Driving Effects of Shared and Specific Microbial Genera in Community Diversity and Carbon， Nitrogen， Phosphorus， and Sulfur Cycling Functions across Five Major Water Systems of Beijing

doi:10.13560/j.cnki.biotech.bull.1985.2025-0611

Abstract

Abstract:

Objective Microorganisms are essential in aquatic ecosystems, influencing material cycling and energy flow. They have distinct community structures and functions in various water bodies. This study aims to analyze the diversity, community stability, and network complexity of microorganisms in the five major water systems of Beijing, as well as assess the carbon, nitrogen, phosphorus, and sulfur related functions of microorganisms in these systems. Method This study utilized metagenomic sequencing technology to analyze the microbial communities in the five major water systems of Beijing.

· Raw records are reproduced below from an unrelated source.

//! Where a text stops agreeing with games, and where the elements and tags of a game stand.

pub(crate) mod error_position;
pub(crate) mod locate;
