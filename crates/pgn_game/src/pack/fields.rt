//! The fields of a record, each in front of bytes.
ghost use Rattle.std.specs.Prelude.{◌≡◌, None, option_map};
ghost use Rattle.std.specs.Cmp.Lexicographic.{slice_cmp};
ghost use Rattle.std.specs.Int.{w32, w64};
ghost use Rattle.std.specs.Ordering.{is_lt, nat_cmp};
ghost use Rattle.pgn_game.specs.Public.PackReading.{Gives, number_at, text_at, name_at, tag_at};
ghost use Rattle.pgn_game.specs.Public.PackReading.{follows, next_tag, after_tags};

use crate::pack::error::RecordError;
use std::cmp::Ordering;

/// A number of four bytes, and what stands after it.
pub(crate) fn u32_at(bytes: &[u8]) -> Result<(u32, &[u8]), RecordError>
    ensures { Gives (λ x. (x.0, x.1.now)) result (number_at w32 bytes.now) }
{
    if bytes.len() < 4 {
        return Err(RecordError::CutShort);
    }
    let (front, rest) = bytes.split_at(4);
    let number = u32::from_be_bytes([front[0], front[1], front[2], front[3]]);
    Ok((number, rest))
}

/// A number of eight bytes, and what stands after it.
pub(crate) fn u64_at(bytes: &[u8]) -> Result<(u64, &[u8]), RecordError>
    ensures { Gives (λ x. (x.0, x.1.now)) result (number_at w64 bytes.now) }
{
    if bytes.len() < 8 {
        return Err(RecordError::CutShort);
    }
    let (front, rest) = bytes.split_at(8);
    let number = u64::from_be_bytes([
        front[0], front[1], front[2], front[3], front[4], front[5], front[6], front[7],
    ]);
    Ok((number, rest))
}

/// A length and so many bytes: these, and what stands after them.
#[inline(always)]
#[tactic(auto, unfolding(crate::specs::Public::PackReading::text_at))]
fn text_at(bytes: &[u8]) -> Result<(&[u8], &[u8]), RecordError>
    ensures { Gives (λ x. (x.0.now, x.1.now)) result (text_at bytes.now) }
{
    let (len, rest) = u32_at(bytes)?;
    let len = len as usize;
    if rest.len() < len {
        return Err(RecordError::CutShort);
    }
    Ok(rest.split_at(len))
}

/// The name in front, where there is one, and what stands after it.
pub(crate) fn name_at(is_named: bool, bytes: &[u8]) -> Result<(Option<&[u8]>, &[u8]), RecordError>
    ensures { Gives (λ x. (option_map (λ name. name.now) x.0, x.1.now)) result
        (name_at is_named bytes.now) }
{
    if !is_named {
        return Ok((None, bytes));
    }
    let (name, rest) = text_at(bytes)?;
    Ok((Some(name), rest))
}

/// The name and the contents of the tag in front, and what stands after it.
pub(crate) fn tag_at(bytes: &[u8]) -> Result<((&[u8], &[u8]), &[u8]), RecordError>
    ensures { Gives (λ x. ((x.0.0.now, x.0.1.now), x.1.now)) result (tag_at bytes.now) }
{
    let (name, rest) = text_at(bytes)?;
    let (contents, rest) = text_at(rest)?;
    Ok(((name, contents), rest))
}

/// Whether a name is smaller than another one, byte by byte: most differ in their first bytes.
#[inline(always)]
fn is_below(name: &[u8], other: &[u8]) -> bool
    ensures { result ≡ is_lt (slice_cmp nat_cmp name.now other.now) }
{
    match (name, other) {
        ([first, ..], [second, ..]) if *first != *second => *first < *second,
        _ => name.cmp(other) == Ordering::Less,
    }
}

/// Whether a tag with the name may stand after one with the last name.
#[inline(always)]
fn follows(last: Option<&[u8]>, name: &[u8]) -> bool
    ensures { result ≡ follows (option_map (λ name. name.now) last.entry) name.now }
{
    match last {
        None => true,
        Some(last) => is_below(last, name),
    }
}

/// The name of the tag in front, which follows the last one, and what stands after the tag.
#[inline(always)]
fn next_tag<'a>(last: Option<&[u8]>, bytes: &'a [u8]) -> Result<(&'a [u8], &'a [u8]), RecordError>
    ensures { Gives (λ x. (x.0.now, x.1.now)) result
        (next_tag (option_map (λ name. name.now) last.entry) bytes.now) }
{
    let (name, contents) = text_at(bytes)?;
    let (_, rest) = text_at(contents)?;
    if !follows(last, name) {
        return Err(RecordError::TagOrder);
    }
    Ok((name, rest))
}

/// What stands after so many tags.
pub(crate) fn after_tags(count: u32, bytes: &[u8]) -> Result<&[u8], RecordError>
    ensures { Gives (λ rest. rest.now) result (after_tags count None bytes.now) }
{
    let mut last = None;
    let mut rest = bytes;
    for _ in 0..count {
        let (name, after) = next_tag(last, rest)?;
        last = Some(name);
        rest = after;
    }
    Ok(rest)
}
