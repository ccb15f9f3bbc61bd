//! The records of a pack, one after another, as a reader gives them.
ghost use Rattle.std.specs.Prelude.{◌≡◌, ◌≢◌, ◌↔◌, ◌⊎◌, ℕ, ◌+◌, ◌^◌, ◌<◌, ◌≤◌, true, false, List};
ghost use Rattle.std.specs.Prelude.{[], ◌++◌, length, take, drop, IfOk, IfErr, IsErrOf};
ghost use Rattle.std.specs.Prelude.{MatchOption, MatchResult};
ghost use Rattle.std.specs.Io.KnownBytes.{Consumes};
ghost use Rattle.pgn_text.specs.Public.Limits.{largest_offset};
ghost use Rattle.pgn_text.specs.Public.Tallies.{AppendsRead};
ghost use Rattle.pgn_game.specs.Public.PackedGames.{PackedGame, FitsRecord, record_bytes};
ghost use Rattle.pgn_game.specs.Public.PackReading.{raw_of};
ghost use Rattle.pgn_game.specs.Public.PackStreams.{IsRecord, StepGives, fresh_window, HasNoRecord};
ghost use Rattle.pgn_game.specs.Private.PackSteps.{HoldsWhole, IsWhole, IsPart, HasBody};

use crate::pack::fields::u32_at;
use crate::pack::reading::{LARGEST_BODY, RawRecord, read, read_again};
use pgn_text::{Buffer, LARGEST_OFFSET, ReadError, Tally};
use std::alloc::Global;
use std::io::Read;
use std::marker::Model;
use thiserror::Error;

/// The least number of bytes that one read asks for.
const READ_SIZE: usize = 65_536;

/// Why no further record is held.
#[derive(Clone, Copy, Debug, PartialEq, Eq, Error)]
pub enum RecordsError {
    /// The reader failed.
    #[error("a read failed")]
    Read,
    /// Memory ran out.
    #[error("out of memory")]
    OutOfMemory,
    /// What is left is no record, nor does it begin with one.
    #[error("no record of a pack")]
    BadPack,
    /// The pack goes past the largest offset.
    #[error("the pack is too long")]
    InputTooLong,
}

/// The bytes of a pack that are read and not yet passed.
#[derive(Drop)]
struct Ahead {
    buf: Buffer,
    /// How many of the bytes are passed.
    at: usize,
}

impl Model for Ahead {
    ghost use Rattle.std.specs.Prelude.{◌≤◌, ℕ, List, length, drop};

    ghost Value = { List ℕ };

    ghost view = { λ a. drop a.at a.buf };

    ghost invariant = { λ a. a.at ≤ length a.buf };
}

impl Ahead {
    /// No bytes.
    fn new(alloc: Global) -> Self
        ensures { result ≡ [] }
    {
        Ahead {
            buf: Buffer::new(alloc),
            at: 0,
        }
    }

    /// The bytes.
    fn bytes(&self) -> &[u8]
        ensures { result.now ≡ self.now }
    {
        &self.buf.bytes()[self.at..]
    }

    /// Passes so many bytes.
    fn pass(&mut self, count: usize)
        requires { count ≤ length self.old }
        ensures { self.new ≡ drop count self.old }
    {
        prove!(count <= self.buf.len() - self.at);
        self.at += count;
    }

    /// Reads bytes after those that there are, as many as there are or more, and says how many
    /// came.
    fn read_more<R: Read>(&mut self, input: &mut Tally<R>) -> Result<usize, RecordsError>
        requires few { length self.old < 2 ^ 32 }
        requires sound { input.old.faulted ≡ false }
        ensures ok { IfOk result (λ count. (room : ℕ) × AppendsRead self.old self.new
            (R.remaining input.old.inner) (R.remaining input.new.inner)
            input.old.moved input.new.moved room count) }
        ensures err { IfErr result (λ error.
            ((error ≡ RecordsError.Read) ⊎ (error ≡ RecordsError.OutOfMemory))
            × Consumes (R.remaining input.old.inner) (R.remaining input.new.inner) []) }
        ensures fault { IsErrOf result RecordsError.Read ↔ (input.new.faulted ≡ true) }
    {
        self.buf.give_up(self.at);
        self.at = 0;
        let count = self.buf.len().max(READ_SIZE);
        match self.buf.read_more(count, input) {
            Ok(more) => Ok(more),
            Err(ReadError::Read | ReadError::Failed) => Err(RecordsError::Read),
            Err(ReadError::OutOfMemory | ReadError::InputTooLong) => Err(RecordsError::OutOfMemory),
        }
    }
}

/// Whether the bytes show if a record stands in front of them, whatever comes after them.
fn is_whole(bytes: &[u8]) -> bool
    ensures whole { result ≡ true → IsWhole bytes.now }
    ensures part { result ≡ false → IsPart bytes.now }
{
    match u32_at(bytes) {
        Ok((size, rest)) => size as usize > LARGEST_BODY || rest.len() >= size as usize,
        Err(_) => false,
    }
}

/// Reads on until the bytes show if a record stands in front of them. Answers whether there are
/// bytes.
fn hold_whole<R: Read>(ahead: &mut Ahead, input: &mut Tally<R>) -> Result<bool, RecordsError>
    requires sound { input.old.faulted ≡ false }
    ensures gives { HoldsWhole ahead.old ahead.new (R.remaining input.old.inner)
        (R.remaining input.new.inner)
        result }
    ensures fault { IsErrOf result RecordsError.Read ↔ (input.new.faulted ≡ true) }
{
    while !is_whole(ahead.bytes()) {
        let count = ahead.read_more(input)?;
        if count == 0 {
            return at_end(ahead.bytes());
        }
    }
    Ok(true)
}

/// Whether there are bytes, which are no record, as none come after them.
fn at_end(bytes: &[u8]) -> Result<bool, RecordsError>
    ensures { MatchResult result (λ some. (some ≡ false)
        × (bytes.now ≡ [])) (λ error. (error ≡ RecordsError.BadPack) × (bytes.now ≢ [])) }
{
    if bytes.is_empty() {
        Ok(false)
    } else {
        Err(RecordsError::BadPack)
    }
}

/// How many bytes the record in front has, and how many of these its plies, or `None` where none
/// stands there.
fn sizes_of_record(bytes: &[u8]) -> Option<(usize, usize)>
    requires { IsWhole bytes.now }
    ensures { MatchOption result ((more : List ℕ) → HasNoRecord (bytes.now ++ more))
        (λ sizes. (sizes.0 ≤ length bytes.now) × IsRecord (take sizes.0 bytes.now)
        × HasBody (drop 4 (take sizes.0 bytes.now)) sizes.1) }
{
    match read(bytes) {
        Ok((record, rest)) => Some((bytes.len() - rest.len(), record.plies().len())),
        Err(_) => None,
    }
}

/// The records of the pack that a reader gives, in order. One is held at a time.
///
/// Memory grows by doubling, as the bytes of a record come: four bytes that speak of a large one
/// take none.
#[derive(Drop)]
pub struct Records {
    /// The record that is held, and the bytes after it.
    ahead: Ahead,
    /// How many bytes the record has.
    size: usize,
    /// How many of these are the bytes of its plies.
    plies: usize,
    /// How many bytes stand before it.
    place: u64,
}

impl Model for Records {
    ghost use Rattle.std.specs.Prelude.{take, drop};
    ghost use Rattle.pgn_game.specs.Private.PackSteps.{LiesWithin};
    ghost use Rattle.pgn_game.specs.Public.PackStreams.{Window};

    ghost Value = { Window };

    ghost view = { λ r. record {
      current = take r.size r.ahead;
      ahead = drop r.size r.ahead;
      place =
          r.place;
    } };

    ghost invariant = { λ r. LiesWithin r.ahead r.size r.plies r.place };
}

impl Records {
    /// The records of a pack of which nothing is read.
    pub fn new(alloc: Global) -> Self
        ensures { result ≡ fresh_window }
    {
        Records {
            ahead: Ahead::new(alloc),
            size: 0,
            plies: 0,
            place: 0,
        }
    }

    /// How many bytes of the pack stand before the record that is held, or before what is no
    /// record.
    pub fn place(&self) -> u64
        ensures { result ≡ self.now.place }
    {
        self.place
    }

    /// Steps to the next record, and says whether there is one: none is left at the end of the
    /// pack.
    pub fn step<R: Read>(&mut self, input: &mut Tally<R>) -> Result<bool, RecordsError>
        requires sound { input.old.faulted ≡ false }
        ensures gives { StepGives self.old self.new (R.remaining input.old.inner)
            (R.remaining input.new.inner) result }
        ensures place { self.new.place ≡ self.old.place + length self.old.current }
        ensures within { self.new.place + length self.new.current ≤ largest_offset }
        ensures fault { IsErrOf result RecordsError.Read ↔ (input.new.faulted ≡ true) }
    {
        self.ahead.pass(self.size);
        self.place += self.size as u64;
        self.size = 0;
        if !hold_whole(&mut self.ahead, input)? {
            return Ok(false);
        }
        let Some((size, plies)) = sizes_of_record(self.ahead.bytes()) else {
            return Err(RecordsError::BadPack);
        };
        if size as u64 > LARGEST_OFFSET - self.place {
            return Err(RecordsError::InputTooLong);
        }
        self.size = size;
        self.plies = plies;
        Ok(true)
    }

    /// The record that is held.
    pub fn record(&self) -> RawRecord<'_>
        requires { IsRecord self.now.current }
        ensures { (game : PackedGame) × FitsRecord game × (self.now.current ≡ record_bytes game)
            × (result ≡ raw_of game) }
    {
        let record = &self.ahead.bytes()[..self.size];
        read_again(&record[4..], self.plies).unwrap()
    }
}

Result The Shannon and Simpson indices werethe highest in the microbial communities of the Ji-Yun River system, yet these communities were in the lowest stability. The opposite pattern was observed in the Yongding River, supporting the “diversity-stability” hypothesis. The study quantified and compared the cycling and metabolic functions of the five major river systems, revealing that the Ji-Yun River had the highest abundance across multiple metabolic pathways. The abundances of two core genera were positively correlated with diversity and functional-gene abundance, but negatively correlated with microbial community stability and network complexity. Conclusion The presence of shared and specific genera among the microorganisms in the five major water systems drive diversity pattern and functional potential. This research provides a strong basis for the development of a thriving and sustainable aquatic ecosystem.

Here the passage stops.